The argument that in any democracy, the civilian leadership must have primacy over the military is valid only so long as the meaning of that relationship is understood. If by this ‘superiority’ is implied that the civil bureaucracy must merit higher status and remuneration than its military counterpart then the thesis deserves to be challenged and refuted.
For those who have served in the armed forces, and this writer is one, the morale of the men in uniform is the first prerequisite to fighting efficiency. Demoralisation, for any reason, is both debilitating and defeating; it was poor morale, not outdated equipment (the Chinese did not have any better), that sent us running back in 1962. Various measures, some tangible – discipline is one of them – and others more indirect, are needed to sustain and foster high morale. This is a 24/7 and 365-day activity; and status in society and government, of which fair remuneration is an important factor, must merit serious attention of those in authority, both civil and military.

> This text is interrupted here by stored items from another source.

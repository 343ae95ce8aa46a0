//! What a part keeps is what a durable state and a list of changes leave.
ghost use Rattle.std.specs.Prelude.{◌≡◌, ℕ, ◌≤◌, List};
ghost use Rattle.mrp_types.specs.declared.id.RingId.{RingId};
ghost use Rattle.range_map.specs.Entries.{entries_from};
ghost use Rattle.vote_state.specs.declared.change.Change.{Change};
ghost use Rattle.vote_state.specs.State.{State, ring_at, promise_at, trim_at, votes_at, promise_after, trim_after};
ghost use Rattle.ring_kept.specs.Kept.{kept_after};
ghost use Rattle.ring_view.specs.Kept.{OnlyRaises};

/// Of a ring the changes of a step leave the promise and the trim that the last of them tell. While no vote of the ring
/// is among them and its trim never falls, the votes from the trim on are those of the state.
pub fn what_changes_leave()
    ensures promise { (ring : RingId) (changes : List Change) (durable : State)
        → (kept_after ring changes (ring_at durable ring)).promise ≡ promise_after ring changes (promise_at durable ring) }
    ensures trim { (ring : RingId) (changes : List Change) (durable : State)
        → (kept_after ring changes (ring_at durable ring)).trim ≡ trim_after ring changes (trim_at durable ring) }
    ensures votes { (ring : RingId) (changes : List Change) (durable : State) (from : ℕ) → OnlyRaises ring (trim_at durable ring) changes
        → trim_after ring changes (trim_at durable ring) ≤ from
        → entries_from from (kept_after ring changes (ring_at durable ring)).votes ≡ entries_from from (votes_at durable ring) }
{}
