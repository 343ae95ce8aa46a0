//! A ring as its tables see it, and what is kept of it, in the words of `protocol`.
//!
//! `specs/Views.antt` says for which ring and part a view, a durable state and the changes of a step so far stand.
#![tactic(auto)]

mod laws;
mod sending;
mod votes;

pub use laws::what_changes_leave;
pub use sending::{owner, send};
pub use votes::{is_majority, own_bit, pass_vote};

Sadly, the Seventh Pay Commission report falls well short of the standard expected of it. Therefore, if the three Service Chiefs have been concerned enough to address their political superior, it is for good reason. Grievances of retired veterans can be brushed aside easily as responses of an ungrateful government, but to cause demoralisation among those still in the fight is to cause grave damage to the nation which can have potentially serious impact on its core interests. No country ever became a great power by putting down its own military.